Again this month, I am directing attention to three particular articles. First, exercise-induced arterial hypoxemia (EIAH) is known to occur during heavy exercise in many highly endurance-trained individuals. In a large cohort of male distance runners (VO2max > 68 mL·kg-1·min-1), Constantini et al. demonstrated that EIAH prevalence is substantially higher during maximal treadmill exercise than the historically reported rate of about 50% for cy​cling. In fact, across all 124 subjects tested, 84% experienced at least moderate EIAH (arterial oxyhemoglobin saturation ≤ 93%). It is likely that exercise mode, sex, and age influence the prevalence and degree of arterial oxyhemoglobin desaturation. Therefore, the authors assert that a set prevalence percentage should not be used collectively to characterize EIAH, and each sub-population and mode of exercise should be considered separately.

On a different topic, the fatigue experienced after a soccer match is known to be multifactorial, sometimes taking days to fully resolve. Thomas and coauthors investigated recovery of both central and peripheral fatigue after a simulated soccer match. Simulated soccer elicited significant fatigue, which was both central and peripheral in origin, and persisted for up to 3 days post-match. The recovery of central nervous system function was more rapid, with a full recovery by 48 h post, whereas the decline in peripheral function persisted for up to 72 h. These data suggest that decrements in central nervous system function do contribute to the fatigue experienced after soccer, but the slower recovery of peripheral function indicates that processes at the muscle should remain the primary target of post-match recovery strategies.
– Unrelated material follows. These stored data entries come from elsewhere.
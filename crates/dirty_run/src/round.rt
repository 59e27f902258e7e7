//! A round: workers in threads of their own, each at the board by a pass of its own, until all are done.

ghost use Rattle.std.specs.Prelude.{◌≡◌, ℕ, ◌+◌, ◌<◌, ◌≤◌, List, [], length};
ghost use Rattle.std.specs.List.{All, AllZip};
ghost use Rattle.xt_model.specs.Limits.{most_workers};
ghost use Rattle.xt_model.specs.Levels.{IsOrder};
ghost use Rattle.dirty_words.specs.Views.{with_anew};
ghost use Rattle.dirty_words.specs.Boards.{IsAlone, IsFirst, IsFree, IsOf};
ghost use Rattle.dirty_run.specs.Notes.{AreNotes};
ghost use Rattle.dirty_run.specs.Visits.{IsRun};
ghost use Rattle.dirty_run.specs.Turns.{with_out, HasGathered};
ghost use Rattle.dirty_run.specs.Rounds.{AreIdle, AreRoomy, IsSent, IsReady, HasWorked, IsBack};

use crate::notes::Before;
use crate::turn::run_worker;
use crate::worker::{Run, SeatedWorker, Workers};
use chaos_core::Gate;
use dirty_words::DirtyPass;
use std::thread;
use std::thread::Threads;

/// Gives every worker a pass of its own.
fn send_out<G>(run: &Run<'_, G>, workers: &mut Workers, first: &mut DirtyPass)
    requires own { IsOf run.now.board.now first.old }
    requires first { IsFirst first.old.view }
    requires free { IsFree first.old.view }
    requires few { first.old.view.base.split + length workers.old.idle.items ≤ most_workers }
    requires idle { AreIdle run.now.design.now run.now.lists.now workers.old }
    requires some { 0 < length workers.old.idle.items }
    ensures own { IsOf run.now.board.now first.new }
    ensures view { first.new.view ≡ with_out first.old.view (length workers.old.idle.items) }
    ensures none { workers.new.idle.items ≡ [] }
    ensures count { length workers.new.seated.items ≡ length workers.old.idle.items }
    ensures sent { All (IsSent run.now.design.now run.now.lists.now first.old) workers.new.seated.items }
    ensures roomy { AreRoomy run.now.design.now run.now.lists.now workers.new }
{
    'passes: while let Some(worker) = workers.idle.pop() {
        let pass = run.board.split(first);
        workers.seated.push_reserved(SeatedWorker { pass, worker });
    }
}

/// One worker's part of a round: it passes the gate, and then draws and visits until it is done.
fn work<G: Gate>(run: &Run<'_, G>, before: &Before, own: &mut SeatedWorker, number: u32, round: u64)
    requires run { IsRun run.now.board.now run.now.design.now run.now.groups.now
        run.now.lists.now run.now.readers.now run.now.direction }
    requires before { All (AreNotes run.now.design.now run.now.lists.now) before.now.notes.items }
    requires ready { IsReady run.now.board.now run.now.design.now run.now.lists.now own.old }
    ensures { HasWorked run.now.board.now run.now.design.now run.now.lists.now own.old own.new }
{
    run.gate.pass(number, round);
    run_worker(run, before, &mut own.pass, &mut own.worker);
}

/// All workers work beside one another, half of them in a further thread, and so each half of them, until there is a
/// thread for each. Where no thread can be had, a half works after the other.
fn work_all<R: Threads + Sync, G: Gate>(
    rt: &R,
    run: &Run<'_, G>,
    before: &Before,
    seated: &mut [SeatedWorker],
    round: u64,
)
    requires run { IsRun run.now.board.now run.now.design.now run.now.groups.now
        run.now.lists.now run.now.readers.now run.now.direction }
    requires before { All (AreNotes run.now.design.now run.now.lists.now) before.now.notes.items }
    requires some { 0 < length seated.old }
    requires few { length seated.old ≤ most_workers }
    requires ready { All (IsReady run.now.board.now run.now.design.now run.now.lists.now) seated.old }
    ensures { AllZip (HasWorked run.now.board.now run.now.design.now run.now.lists.now) seated.old seated.new }
{
    let threads = seated.len();
    thread::for_each_mut(
        rt,
        seated,
        threads,
        &|place: usize, own: &mut SeatedWorker|
            requires { (place < most_workers)
                × IsRun run.now.board.now run.now.design.now run.now.groups.now
                run.now.lists.now run.now.readers.now run.now.direction
                × All (AreNotes run.now.design.now run.now.lists.now) before.now.notes.items
                × IsReady run.now.board.now run.now.design.now run.now.lists.now own.now }
            ensures { HasWorked run.entry.now.board.now run.entry.now.design.now run.entry.now.lists.now
                own.entry.now own.exit.now }
        { work(run, before, own, place as u32 + 1, round) },
    );
}

/// Joins the passes of all workers.
fn take_back<G>(run: &Run<'_, G>, workers: &mut Workers, first: &mut DirtyPass)
    requires run { IsRun run.now.board.now run.now.design.now run.now.groups.now
        run.now.lists.now run.now.readers.now run.now.direction }
    requires own { IsOf run.now.board.now first.old }
    requires first { IsFirst first.old.view }
    requires free { IsFree first.old.view }
    requires fresh { first.old.view.base.drawn ≡ [] }
    requires out { first.old.view.base.out ≡ length workers.old.seated.items }
    requires some { 0 < length workers.old.seated.items }
    requires none { workers.old.idle.items ≡ [] }
    requires roomy { AreRoomy run.now.design.now run.now.lists.now workers.old }
    requires back { All (IsBack run.now.board.now run.now.design.now run.now.lists.now first.old)
        workers.old.seated.items }
    ensures own { IsOf run.now.board.now first.new }
    ensures alone { IsAlone first.new.view }
    ensures free { IsFree first.new.view }
    ensures gathered { (order : List ℕ) → IsOrder run.now.design.now.nets order
        → HasGathered order (length workers.old.seated.items) first.old.view first.new.view }
    ensures idle { AreIdle run.now.design.now run.now.lists.now workers.new }
    ensures count { length workers.new.idle.items ≡ length workers.old.seated.items }
{
    // What the first has seen, before a pass is joined.
    first.respects();
    'passes: while let Some(SeatedWorker { pass, worker }) = workers.seated.pop() {
        run.board.join(first, pass);
        workers.idle.push_reserved(worker);
    }
}

/// What each worker noted is left to the next round, and each begins to note anew.
fn leave_notes<G>(run: &Run<'_, G>, workers: &mut Workers)
    requires idle { AreIdle run.now.design.now run.now.lists.now workers.old }
    ensures idle { AreIdle run.now.design.now run.now.lists.now workers.new }
    ensures count { length workers.new.idle.items ≡ length workers.old.idle.items }
{
    for number in 0..workers.idle.len() {
        workers.before.take(number, &mut workers.idle[number].notes);
    }
}

/// One round: every worker gets a pass of its own, all work beside one another until each is done, and all passes are
/// joined. What the workers noted is left to the next round. Takes no memory.
pub(crate) fn round<R: Threads + Sync, G: Gate>(
    rt: &R,
    run: &Run<'_, G>,
    workers: &mut Workers,
    first: &mut DirtyPass,
    round: u64,
)
    requires run { IsRun run.now.board.now run.now.design.now run.now.groups.now
        run.now.lists.now run.now.readers.now run.now.direction }
    requires own { IsOf run.now.board.now first.old }
    requires alone { IsAlone first.old.view }
    requires free { IsFree first.old.view }
    requires idle { AreIdle run.now.design.now run.now.lists.now workers.old }
    requires some { 0 < length workers.old.idle.items }
    requires few { length workers.old.idle.items ≤ most_workers }
    ensures own { IsOf run.now.board.now first.new }
    ensures alone { IsAlone first.new.view }
    ensures free { IsFree first.new.view }
    ensures gathered { (order : List ℕ) → IsOrder run.now.design.now.nets order
        → HasGathered order (length workers.old.idle.items)
        (with_out (with_anew first.old.view) (length workers.old.idle.items)) first.new.view }
    ensures idle { AreIdle run.now.design.now run.now.lists.now workers.new }
    ensures count { length workers.new.idle.items ≡ length workers.old.idle.items }
{
    run.board.restart(first);
    send_out(run, workers, first);
    work_all(
        rt,
        run,
        &workers.before,
        workers.seated.as_mut_slice(),
        round,
    );
    take_back(run, workers, first);
    leave_notes(run, workers);
}
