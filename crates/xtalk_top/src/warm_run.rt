//! The least and the greatest windows of a design after an edit.

ghost use Rattle.std.specs.Prelude.{◌≡◌, ◌↔◌, ℕ, ◌≤◌, IfOk};
ghost use Rattle.xt_model.specs.Build.{IsRoundBound};
ghost use Rattle.xt_meaning.specs.Envelope.{IsAccepted, IsEnvelope};
ghost use Rattle.xt_meaning.specs.Fixpoint.{IsFixpoint, IsGreatestFixpoint, IsLeastFixpoint};
ghost use Rattle.eco_warm.specs.Starts.{IsAfterEdit, high_start, low_start};
ghost use Rattle.command_line.specs.Words.{IsWorkerCount};

use crate::runs::{Runs, Turns, both_from};
use chaos_core::Gate;
use chaos_run::Both;
use eco_warm::{Edited, StartWindows, starts};
use net_eval::read_lists;
use std::alloc::Global;
use std::thread::Threads;
use xt_model::{Design, NoMemory, Windows};

/// The least and the greatest windows of a design after an edit, from those of the design before it and the envelope of
/// the design after it, by this many workers, from 1 to 64: runs from where `starts` says. Neither makes more rounds
/// than the design's bound, and it makes none just where its start is a fixpoint. Fails only for want of memory.
pub fn warm<R: Threads + Sync, G: Gate>(
    rt: &R,
    alloc: Global,
    before: &Design,
    after: &Edited,
    old: &Both,
    top: &Windows,
    workers: u32,
    gate: &G,
) -> Result<Both, NoMemory>
    requires edit { IsAfterEdit before.now after.now.design after.now.change }
    requires low { IsLeastFixpoint before.now old.now.low }
    requires high { IsGreatestFixpoint before.now old.now.high }
    requires envelope { IsEnvelope after.now.design top.now }
    requires accepted { IsAccepted after.now.design top.now }
    requires workers { IsWorkerCount workers }
    ensures least { IfOk result (λ both. IsLeastFixpoint after.now.design both.low) }
    ensures greatest { IfOk result (λ both. IsGreatestFixpoint after.now.design both.high) }
    ensures low_closed { IfOk result (λ both. (both.low_rounds ≡ 0)
        ↔ IsFixpoint after.now.design (low_start after.now.change after.now.design old.now.low)) }
    ensures high_closed { IfOk result (λ both. (both.high_rounds ≡ 0)
        ↔ IsFixpoint after.now.design (high_start after.now.change old.now.high top.now)) }
    ensures few { IfOk result (λ both. (bound : ℕ) → IsRoundBound after.now.design.nets bound
        → (both.low_rounds ≤ bound) × (both.high_rounds ≤ bound)) }
{
    let StartWindows { low, high } = starts(alloc, before, after, &old.low, &old.high, top)?;
    let design = &after.design;
    let lists = read_lists(alloc, design)?;
    let turns = Turns::InThreads;
    let runs = Runs { workers, turns };
    both_from(rt, alloc, gate, design, &lists, &low, &high, runs)
}
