//! The command `link`.

ghost use Rattle.std.specs.Prelude.{◌≡◌, IfOk, IfErr};
ghost use Rattle.text_lines.specs.Lines.{text_of};
ghost use Rattle.linked_text.specs.Linked.{linked};
ghost use Rattle.command_line.specs.Words.{Text};
ghost use Rattle.call_meaning.specs.Outcome.{prints};
ghost use Rattle.call_meaning.specs.Opened.{FailsAfter, HasValue, OpensFirst, block_files};
ghost use Rattle.call_meaning.specs.Call.{Answers, IsStop};
ghost use Rattle.call_meaning.specs.Link.{LinkMeans};
ghost use Rattle.call_meaning.specs.declared.refusal.Failure.TheVariants.{NoText};

use crate::counted::counted_by;
use call_files::read_block;
use call_meaning::Stop;
use command_line::LinkJob;
use linked_text::write_linked;
use std::alloc::Global;
use std::mem;
use xt_io::Files;
use xt_model::{Design, NoMemory};

// The linked text of a design.
fn text_of_design(alloc: Global, design: &Design) -> Result<Vec<u8>, Stop>
    ensures ok { IfOk result (λ text. text.items ≡ text_of (linked design.now)) }
    ensures stop { IfErr result (IsStop (λ _. ⊥) (λ _. ⊥)) }
{
    match write_linked(alloc, design) {
        Ok(text) => Ok(text),
        Err(NoMemory) => Err(Stop::NoMemory),
    }
}

/// The linked text of the design that the four files of the job's block make, by the job's Miller numbers where it
/// has any.
pub fn text_of_block<F: Files>(alloc: Global, files: &mut F, job: LinkJob) -> Result<Vec<u8>, Stop>
    ensures means { let Meant = LinkMeans job (F.content files.old) in
        Answers result (λ text. Meant (prints text.items)) Meant (F.faults files.old) (F.faults files.new) }
    ensures opened { OpensFirst (block_files job.files) (HasValue result) (F.opened files.old) (F.opened files.new) }
    ensures stopped { IfErr result (λ stop. FailsAfter (block_files job.files)
        (F.opened files.old) (F.opened files.new) (NoText stop)) }
    ensures content { (m : Text) → F.content files.new m ≡ F.content files.old m }
{
    let LinkJob {
        files: block,
        miller,
    } = job;
    let design = read_block(alloc, files, block)?;
    let design = counted_by(design, miller);
    let text = text_of_design(alloc, &design);
    mem::drop(design);
    text
}
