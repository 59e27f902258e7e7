//! The lines of a text of edits.

ghost use Rattle.std.specs.Prelude.{◌≡◌, ◌<◌, ◌≤◌, [], ◌∷◌, length, IfOk, IfErr, IfSome, MatchOption, position, ◌==◌};
ghost use Rattle.xt_model.specs.Parts.{Parts};
ghost use Rattle.call_meaning.specs.Call.{IsStop};
ghost use Rattle.call_meaning.specs.Eco.{Ends, GoesOn, LinesMean, lines_of, most_edits};

use crate::edit_refusal::refused;
use call_meaning::Stop;
use command_line::FileName;
use std::alloc::Global;
use xt_model::Code;

/// The most edits of a text.
const MOST_EDITS: u32 = 1024;

// The place of the first newline.
fn first_newline(bytes: &[u8]) -> Option<usize>
    ensures value { result ≡ position (λ b. b == 10) bytes.now }
    ensures within { IfSome result (λ i. i < length bytes.now) }
{
    bytes.iter().position(|b| *b == b'\n')
}

// The bytes before the first newline, and those after it.
fn first_line(bytes: &[u8]) -> Option<(&[u8], &[u8])>
    ensures lines { MatchOption result (lines_of bytes.now ≡ bytes.now ∷ [])
        (λ x. lines_of bytes.now ≡ x.0.now ∷ lines_of x.1.now) }
    ensures shorter { IfSome result (λ x. length x.1.now < length bytes.now) }
{
    match first_newline(bytes) {
        Some(at) => {
            let (line, _) = bytes.split_at(at);
            let (_, more) = bytes.split_at(at + 1);
            Some((line, more))
        }
        None => None,
    }
}

/// The line that is to be the next edit after this many, and the bytes after its newline; or nothing, where the text
/// ends as it has to.
pub fn next_line<'a>(
    alloc: Global,
    file: &FileName,
    rest: &'a [u8],
    count: u32,
) -> Result<Option<(&'a [u8], &'a [u8])>, Stop>
    requires { count ≤ most_edits }
    ensures means { IfOk result (λ next. MatchOption next (Ends file.now (lines_of rest.now) count)
        (λ x. GoesOn file.now (lines_of rest.now) count x.0.now (lines_of x.1.now))) }
    ensures shorter { IfOk result (λ next. IfSome next (λ x. length x.1.now < length rest.now)) }
    ensures few { IfOk result (λ next. IfSome next (λ _. count < most_edits)) }
    ensures stop { IfErr result (λ stop. (d : Parts)
        → IsStop (LinesMean file.now (lines_of rest.now) count d) (λ _. ⊥) stop) }
{
    let Some((line, more)) = first_line(rest) else {
        return Err(refused(alloc, file, count + 1, Code::E1));
    };
    if line == b"end".as_slice() {
        if more.is_empty() {
            return Ok(None);
        }
        return Err(refused(alloc, file, count + 2, Code::E1));
    }
    if count == MOST_EDITS {
        return Err(refused(alloc, file, count + 1, Code::E1));
    }
    Ok(Some((line, more)))
}
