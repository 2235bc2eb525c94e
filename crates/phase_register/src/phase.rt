//! Phases.
ghost use Rattle.std.specs.Prelude.{◌≡◌, ℕ, ◌<◌, if◌then◌else◌, nat_lt, Some, None};
ghost use Rattle.phase_register.specs.Phases.{next_phase};

use std::marker::Model;

/// A clock modulo three: its number is 0, 1 or 2.
#[derive(Clone, Copy, Debug, PartialEq, Eq)]
pub struct Phase {
    number: u8,
}

impl Model for Phase {
    ghost use Rattle.std.specs.Prelude.{ℕ, ◌<◌};

    ghost Value = { ℕ };

    ghost view = { λ p. p.number };

    ghost invariant = { λ p. p.number < 3 };

    ghost inverse = { λ n. record { number = n } };
}

impl Phase {
    /// The phase of this number, or none where it is above 2.
    pub fn from_number(number: u8) -> Option<Phase>
        ensures phase { result ≡ (if nat_lt number 3 then Some number else None) }
    {
        if number < 3 {
            Some(Phase { number })
        } else {
            None
        }
    }

    /// The phase's number.
    pub fn number(&self) -> u8
        ensures number { result ≡ self.now }
        ensures below_three { result < 3 }
    {
        self.number
    }

    /// The phase one step on.
    pub fn next(&self) -> Phase
        ensures next { result ≡ next_phase self.now }
    {
        if self.number == 2 {
            Phase { number: 0 }
        } else {
            Phase {
                number: self.number + 1,
            }
        }
    }
}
Finally, cigarette smoke exposure is a primary risk factor for lung disease, but there are also numerous extrapulmonary risks. Yet there remains a paucity of studies on the effects of smoke exposure on the extrapulmonary organs in the period that precedes lung impairments. Bowen et al. used an integrative approach to reveal that mice exposed to cigarette-smoke experienced deterioration of the heart, the peripheral vascular endothelium, and the diaphragm, which all occurred before the onset of overt emphysema. However, 6 weeks of high-intensity treadmill training reversed or attenuated these extrapulmonary impairments and this was associated with an improved exercise capacity. If these results translate to humans, they suggest that cigarette smokers, even prior to lung impairments, may be predisposed to extrapulmonary damage to the heart, peripheral endothelium, and diaphragm which collectively reduce exercise capacity. However, these may be ameliorated by exercise training, a non-pharmacological intervention.